Scrooge is then bound in chains by who I can only describe as four huge hot sweaty men.
A literally frigid prisoner of his own repressed homosexuality.
Scrooge wakes up, he’s light as a feather, happy as a schoolboy, buys a turkey yada yada yada. He diverts to the toy shop and enlists – quote – “the services of several boys” to help him deliver presents to the Cratchit’s house (sure, whatever). He also puts on a Father Christmas outfit on the way. He gives the Cratchit girls some dolls, Peter Cratchit an entire armful of miscellaneous weapons (0.26 in the clip below) while Tiny Tim gets a toy carousel and some free surgery.
With the reprise of the following song, Scrooge’s arc is completed:
The Thank You Very Much song comes full circle and Scrooge’s fantasy interpretation is realised (not that he ever thought otherwise).

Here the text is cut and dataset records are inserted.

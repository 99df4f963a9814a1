//! What is due for an instance in the making: one reference after the other is looked at, up to the first that differs from what
//! is desired (OSGi Compendium 8, chapter 112, "Component Life Cycle").
ghost use Rattle.callback_orders.specs.Due.{due_in_making};
ghost use Rattle.callback_orders.specs.declared.due.DueRef.TheVariants.{Activate};
ghost use Rattle.callback_orders.specs.declared.instance_view.Phase.TheVariants.{Making as MakingPhase};
ghost use Rattle.component_dto.specs.declared.description.Reference.{Reference};
ghost use Rattle.scr_dues.specs.FirstDues.{due_as};
ghost use Rattle.scr_dues.specs.Makings.{AreChoicesFrom, HoldsUpTo, due_by_view, due_for_one, holds_choice, is_activate, placed};
ghost use Rattle.scr_world.specs.Views.{reference_view, references_in};
ghost use Rattle.prop_map.specs.Words.{with_places};
ghost use Rattle.std.specs.Prelude.{◌≡◌, IfOk, drop, false, map};

use crate::components::references_in;
use crate::desires::{choice_where_static, choices_from, is_static};
use crate::lean_views::lean_reference;
use crate::making::Making;
use crate::own_rows::OwnRows;
use callback_orders::{DueRef, InstanceView, Phase, ReferenceView, due_of};
use component_dto::Reference;
use component_state::Choice;
use prop_map::{List, OutOfMemory};
use scr_world::{Instance, World};
use std::alloc::Global;

/// Choices without the first ones.
pub(crate) fn choices_behind(choices: &[Choice], count: usize) -> &[Choice]
    ensures { result.now ≡ drop count choices.now }
{
    match choices.get(count..) {
        Some(others) => others,
        None => &[],
    }
}

/// References without the first ones.
pub(crate) fn references_behind(references: &[Reference], count: usize) -> &[Reference]
    ensures { result.now ≡ drop count references.now }
{
    match references.get(count..) {
        Some(others) => others,
        None => &[],
    }
}

/// Whether a static reference holds just what was chosen for it.
pub(crate) fn holds_choice(
    instance: &Instance,
    choices: &[Choice],
    place: u64,
    reference: &Reference,
) -> bool
    requires { AreChoicesFrom place instance.now.origin.chosen choices.now }
    ensures { result ≡ holds_choice instance.now (place, reference.now) }
{
    let choice = choice_where_static(choices, place, reference);
    is_static(reference.policy) && instance.callbacks.held(&reference.name) == choice
}

// The same for the reference at a place.
fn placed(due: Option<DueRef>, place: usize) -> Option<DueRef>
    ensures { result ≡ placed place due }
{
    match due {
        Some(
            DueRef::Bind {
                instance,
                service,
                ..
            },
        ) => Some(DueRef::Bind {
            instance,
            reference: place,
            service,
        }),
        Some(
            DueRef::Unbind {
                instance,
                service,
                ..
            },
        ) => Some(DueRef::Unbind {
            instance,
            reference: place,
            service,
        }),
        other => other,
    }
}

// What is due by the view of the reference at a place alone: Activate where it doesn't differ.
fn due_by_view(
    alloc: Global,
    instance: u64,
    place: usize,
    view: ReferenceView,
) -> Result<Option<DueRef>, OutOfMemory>
    ensures { IfOk result (λ due. due ≡ due_by_view instance (place, view)) }
{
    let mut references = Vec::new(alloc);
    references.push(view)?;
    let alone = InstanceView {
        instance,
        phase: Phase::Making,
        ending: false,
        outstanding: false,
        drained: false,
        unheld: true,
        stale: false,
        references: List::of(references),
    };
    Ok(placed(due_of(&alone), place))
}

// The same for a reference of an instance that goes on. Where it holds what was chosen no memory is taken.
fn due_for_one(
    alloc: Global,
    own: &OwnRows,
    world: &World,
    instance: &Instance,
    choices: &[Choice],
    place: usize,
    reference: &Reference,
) -> Result<Option<DueRef>, OutOfMemory>
    requires { AreChoicesFrom place instance.now.origin.chosen choices.now }
    ensures { IfOk result (λ due. due ≡ due_for_one world.now instance.now (place, reference.now)) }
{
    let number = instance.number;
    let at = place as u64;
    if holds_choice(instance, choices, at, reference) {
        return Ok(Some(DueRef::Activate { instance: number }));
    }
    let services = instance.callbacks.held(&reference.name);
    let choice = choice_where_static(choices, at, reference);
    let view = lean_reference(
        alloc, own, world, false, instance, services, choice, at, reference,
    )?;
    due_by_view(alloc, number, place, view)
}

fn is_activate(due: Option<DueRef>) -> bool
    ensures { result ≡ is_activate due }
{
    matches!(due, Some(DueRef::Activate { .. }))
}

// What the references from a place on want.
fn due_from(
    alloc: Global,
    own: &OwnRows,
    world: &World,
    instance: &Instance,
    making: Making,
) -> Result<Option<DueRef>, OutOfMemory>
    requires { HoldsUpTo instance.now (references_in world.now instance.now) making }
    ensures { IfOk result (λ due. due ≡ due_in_making instance.now.number (map (reference_view false world.now instance.now) (with_places 0 (references_in world.now instance.now)))) }
{
    let references = references_behind(references_in(own, world, instance), making.place);
    let mut choices = choices_behind(instance.origin.get().chosen.as_slice(), making.choices);
    for (at, reference) in references.iter().enumerate() {
        let place = making.place + at;
        choices = choices_from(choices, place as u64);
        let due = due_for_one(alloc, own, world, instance, choices, place, reference)?;
        if !is_activate(due) {
            return Ok(due);
        }
    }
    Ok(Some(DueRef::Activate {
        instance: instance.number,
    }))
}

/// What is due for an instance in the making that doesn't end, of which that much is known.
///
/// # Errors
/// Only want of memory.
pub(crate) fn due_in_making(
    alloc: Global,
    own: &OwnRows,
    world: &World,
    instance: &Instance,
    making: Making,
) -> Result<Option<DueRef>, OutOfMemory>
    requires { HoldsUpTo instance.now (references_in world.now instance.now) making }
    ensures { IfOk result (λ due. due ≡ due_as MakingPhase false world.now instance.now) }
{
    if instance.callbacks.is_outstanding() {
        Ok(None)
    } else {
        due_from(alloc, own, world, instance, making)
    }
}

Was hugely disappointed when the newly adorned Alec Guinness-knocker didn’t wink.
This is the first truly family friendly adaptation of A Christmas Carol and it ends on a true musical finale. It’s joyous. Scrooge is a caricature yes, but the specific aims of this version have to be appreciated – it is a huge success in what it sets out to accomplish and should be measured by those goals and not simply comparing it to the original Dickens.
7 1/2 huge hot sweaty men out of 10
I wish I could give this higher, I wish I could. I’m trying to keep my ratings objective – after all, we’re here to identify which adaptation is Superior – but even joy, wonder and musical magic can’t make up for the fact that this Scrooge is underdeveloped and overacted.